China Cancels U.S. Pork Order; Trade War Drags On

Export Sales May 3-9 051719

It came as no surprise to many, but Chinese buyers dropped orders for 3,247 metric tons of U.S. pork, the biggest cancellation in more than a year, according to USDA data released Thursday. 

The cancellation took place the week of May 9, the same week that U.S. President Donald Trump announced increases on tariffs against Chinese goods. Reuters reported that this is a blow to the $6.5 billion export market for American pork, vital to the U.S. meat industry.

Before the trade war, China and Hong Kong combined were the second largest export market for U.S. pork. Unfortunately, the trade war and China’s tariffs against U.S. pork have resulted in a slowing of China’s willingness to load up on the meat, industry experts said. 

There’s no question the U.S. farm sector has taken a hard hit by the trade war. The U.S. pork industry has been banking on increased U.S. pork purchases from China as the country is looking at an expected deficit of up to 16 million metric tons by the end of 2019 due to massive losses from the deadly African swine fever (ASF) virus that impacts pigs, but is not harmful to humans or pose any food safety risks.

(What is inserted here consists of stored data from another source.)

// Files and sinks in memory.
ghost use Rattle.std.specs.Prelude.{◌≡◌, ◌≤◌, ◌+◌, ℕ, [], List, Option, Some, None, take, find, length, nat_eq, IfOk, IsErr, IsErrOf, IsNone, IsSome, OnOk};
ghost use Rattle.std.specs.Option.{option_copied};
ghost use Rattle.std.specs.FinMap.{get};
ghost use Rattle.tp_io.specs.Devices.{Reads, Writes, asked_after};
ghost use Rattle.tp_io.specs.Held.{Rose};
ghost use Rattle.tp_io.specs.Memory.{held_of};
ghost use Rattle.tp_io.specs.Calls.{FailsAt, shelf_after, sure_shelf_after, failure_of, page_after};

use crate::{FileRefusal, Files, Sink, WriteRefusal};
use std::alloc::Global;
use std::marker::Model;
use tp_value::{Bytes, NoMemory, Text};

/// A name and what it holds.
#[derive(Drop)]
pub struct Content {
    pub name: Text,
    pub bytes: Bytes,
}

/// A name that was asked for, how many bytes at most, and whether that read failed.
#[derive(Drop)]
pub struct Request {
    name: Text,
    most: usize,
    failed: bool,
}

/// What one write appended, and whether it failed.
#[derive(Drop)]
pub struct WrittenPiece {
    bytes: Bytes,
    failed: bool,
}

/// A write that is to fail: its number, counted from 1, and how many bytes of its piece are kept, at most all.
#[derive(Clone, Copy)]
pub struct Failure {
    pub call: u64,
    pub kept: usize,
}

/// Files in memory. A name that is not there fails, and so do the reads with the numbers in `failing`,
/// counted from 1; a read that wants memory has no number.
#[derive(Drop)]
pub struct Shelf {
    contents: Vec<Content>,
    failing: Vec<u64>,
    requests: Vec<Request>,
}

impl Model for Shelf {
    ghost use Rattle.tp_io.specs.Memory.{ShelfView, asked_of, failed_reads};

    ghost Value = { ShelfView };

    ghost view = { λ s. record { contents = s.contents.items; failing = s.failing.items; asked = asked_of s.requests.items; faults = failed_reads s.requests.items } };
}

/// Files in memory that never fail. A name that is not there is read as no bytes.
#[derive(Drop)]
pub struct SureShelf {
    contents: Vec<Content>,
    requests: Vec<Request>,
}

impl Model for SureShelf {
    ghost use Rattle.tp_io.specs.Memory.{SureShelfView, asked_of};

    ghost Value = { SureShelfView };

    ghost view = { λ s. record { contents = s.contents.items; asked = asked_of s.requests.items } };
}

/// A page in memory. The writes that `failing` names fail; of two failures of one number the first counts, and a write
/// that wants memory has no number.
#[derive(Drop)]
pub struct Page {
    failing: Vec<Failure>,
    pieces: Vec<WrittenPiece>,
}

impl Model for Page {
    ghost use Rattle.std.specs.Prelude.{length};
    ghost use Rattle.tp_io.specs.Memory.{PageView, text_of, failed_writes};

    ghost Value = { PageView };

    ghost view = { λ p. record { failing = p.failing.items; calls = length p.pieces.items; text = text_of p.pieces.items; faults = failed_writes p.pieces.items } };
}

/// A page in memory that never fails.
#[derive(Drop)]
pub struct SurePage {
    text: Text,
}

impl Model for SurePage {
    ghost use Rattle.std.specs.Prelude.{List, ℕ};

    ghost Value = { List ℕ };

    ghost view = { λ p. p.text };
}

fn held_bytes<'a>(contents: &'a [Content], name: &[u8]) -> Option<&'a Bytes>
    ensures { option_copied result ≡ get (held_of contents.now) name.now }
{
    for content in contents {
        if content.name.as_slice() == name {
            return Some(&content.bytes);
        }
    }
    None
}

// The first bytes, at most so many.
fn first_bytes(alloc: Global, bytes: &[u8], most: usize) -> Result<Bytes, NoMemory>
    ensures { IfOk result (λ b. b ≡ take most bytes.now) }
{
    Text::from_slice(alloc, &bytes[..most.min(bytes.len())])
}

impl Shelf {
    pub fn new(alloc: Global, contents: Vec<Content>, failing: Vec<u64>) -> Shelf
        ensures { result
            ≡ record
            { contents = contents.items; failing = failing.items; asked = []; faults = 0 } }
    {
        Shelf {
            contents,
            failing,
            requests: Vec::new(alloc),
        }
    }
}

impl SureShelf {
    pub fn new(alloc: Global, contents: Vec<Content>) -> SureShelf
        ensures { result ≡ record { contents = contents.items; asked = [] } }
    {
        SureShelf {
            contents,
            requests: Vec::new(alloc),
        }
    }
}

impl Page {
    pub fn new(alloc: Global, failing: Vec<Failure>) -> Page
        ensures { result ≡ record { failing = failing.items; calls = 0; text = []; faults = 0 } }
    {
        Page {
            failing,
            pieces: Vec::new(alloc),
        }
    }

    /// What was written.
    pub fn text(&self, alloc: Global) -> Result<Text, NoMemory>
        ensures { IfOk result (λ text. text ≡ self.now.text) }
    {
        let mut text = Text::new(alloc);
        for piece in &self.pieces {
            text.append(piece.bytes.as_slice())?;
        }
        Ok(text)
    }
}

impl SurePage {
    pub fn new(alloc: Global) -> SurePage
        ensures { result ≡ [] }
    {
        SurePage {
            text: Text::new(alloc),
        }
    }

    /// What was written.
    pub fn text(&self) -> &[u8]
        ensures { result.now ≡ self.now }
    {
        self.text.as_slice()
    }
}

impl Files for Shelf {
    ghost held = { λ s. Some (held_of s.contents) };

    ghost asked = { λ s. Some s.asked };

    ghost faults = { λ s. s.faults };

    ghost greatest = { None };

    fn read(&mut self, alloc: Global, name: &str, most: usize) -> Result<Bytes, FileRefusal>
        ensures bytes { IfOk result (Reads (Some (held_of self.old.contents)) name.now most) }
        ensures held { Some (held_of self.new.contents) ≡ Some (held_of self.old.contents) }
        ensures asked { Some self.new.asked
            ≡ asked_after (Some self.old.asked) name.now most result }
        ensures later { self.old.faults ≤ self.new.faults }
        ensures cause { IsErrOf result FileRefusal.Failed
            → Rose None self.old.faults self.new.faults }

        ensures after { self.new ≡ shelf_after self.old name.now most result }
        ensures fails { FailsAt self.old name.now → IsErr result }
        ensures fails_only { IsErrOf result FileRefusal.Failed → FailsAt self.old name.now }
    {
        let number = self.requests.len() as u64 + 1;
        let asked = Text::from_slice(alloc, name.as_bytes())?;
        let found = if self.failing.contains(&number) {
            None
        } else {
            held_bytes(&self.contents, name.as_bytes())
        };
        match found {
            None => {
                self.requests.push(Request {
                    name: asked,
                    most,
                    failed: true,
                })?;
                Err(FileRefusal::Failed)
            }
            Some(bytes) => {
                let first = first_bytes(alloc, bytes.as_slice(), most)?;
                self.requests.push(Request {
                    name: asked,
                    most,
                    failed: false,
                })?;
                Ok(first)
            }
        }
    }
}

impl Files for SureShelf {
    ghost held = { λ s. Some (held_of s.contents) };

    ghost asked = { λ s. Some s.asked };

    ghost faults = { λ _. 0 };

    ghost greatest = { None };

    fn read(&mut self, alloc: Global, name: &str, most: usize) -> Result<Bytes, FileRefusal>
        ensures bytes { IfOk result (Reads (Some (held_of self.old.contents)) name.now most) }
        ensures held { Some (held_of self.new.contents) ≡ Some (held_of self.old.contents) }
        ensures asked { Some self.new.asked
            ≡ asked_after (Some self.old.asked) name.now most result }
        ensures later { 0 ≤ 0 }
        ensures cause { IsErrOf result FileRefusal.Failed → Rose None 0 0 }

        ensures after { self.new ≡ sure_shelf_after self.old name.now most result }
    {
        let asked = Text::from_slice(alloc, name.as_bytes())?;
        let first = match held_bytes(&self.contents, name.as_bytes()) {
            None => Text::new(alloc),
            Some(bytes) => first_bytes(alloc, bytes.as_slice(), most)?,
        };
        self.requests.push(Request {
            name: asked,
            most,
            failed: false,
        })?;
        Ok(first)
    }
}

fn failure_at(failing: &[Failure], call: u64) -> Option<Failure>
    ensures { result ≡ find (λ f. nat_eq f.call call) failing.now }
{
    failing.iter().copied().find(|f| f.call == call)
}

impl Sink for Page {
    ghost written = { λ p. Some p.text };

    ghost faults = { λ p. p.faults };

    ghost greatest = { None };

    fn write(&mut self, alloc: Global, piece: &[u8]) -> Result<(), WriteRefusal>
        ensures written { Writes (Some self.old.text) (Some self.new.text) piece.now result }
        ensures later { self.old.faults ≤ self.new.faults }
        ensures cause { IsErrOf result WriteRefusal.Failed
            → Rose None self.old.faults self.new.faults }

        ensures after { self.new ≡ page_after self.old piece.now result }
        ensures fails { OnOk result (IsNone (failure_of self.old)) }
        ensures fails_only { IsErrOf result WriteRefusal.Failed → IsSome (failure_of self.old) }
    {
        match failure_at(&self.failing, self.pieces.len() as u64 + 1) {
            None => {
                let bytes = Text::from_slice(alloc, piece)?;
                self.pieces.push(WrittenPiece {
                    bytes,
                    failed: false,
                })?;
                Ok(())
            }
            Some(failure) => {
                let bytes = first_bytes(alloc, piece, failure.kept)?;
                self.pieces.push(WrittenPiece {
                    bytes,
                    failed: true,
                })?;
                Err(WriteRefusal::Failed)
            }
        }
    }
}

impl Sink for SurePage {
    ghost written = { λ p. Some p };

    ghost faults = { λ _. 0 };

    ghost greatest = { None };

    fn write(&mut self, _alloc: Global, piece: &[u8]) -> Result<(), WriteRefusal> {
        self.text.append(piece)?;
        Ok(())
    }
}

“China will need to expand its production of other proteins and ratchet up imports in an effort to fill the gap,” says Christine McCracken, RaboResearch senior animal protein analyst.

China previously canceled sales of 53 metric tons in the week ended Feb. 28, sales of 999 metric tons in the week ended March 21, and 214 metric tons in the week ended April 18, according to USDA data.

The cancellation news on Thursday weighed on the lean hog futures market, Reuters reported.

“It’s just disappointing that this trade war could drag on for months and that means more tariffs on pork,” says Dennis Smith, commodity broker with Archer Financial Services. “This should not be happening. We should be selling a lot of pork to China, because of ASF.”

ASF’s devastation of China’s pork supply is boosting prices and sparking demand for shipments of meat from abroad. Australian beef exports to China could hit a new record this year, says Pro Farmer analyst Jim Wiesemeyer. 

The China Animal Agriculture Association described ASF as a national crisis this week that needs more government assistance.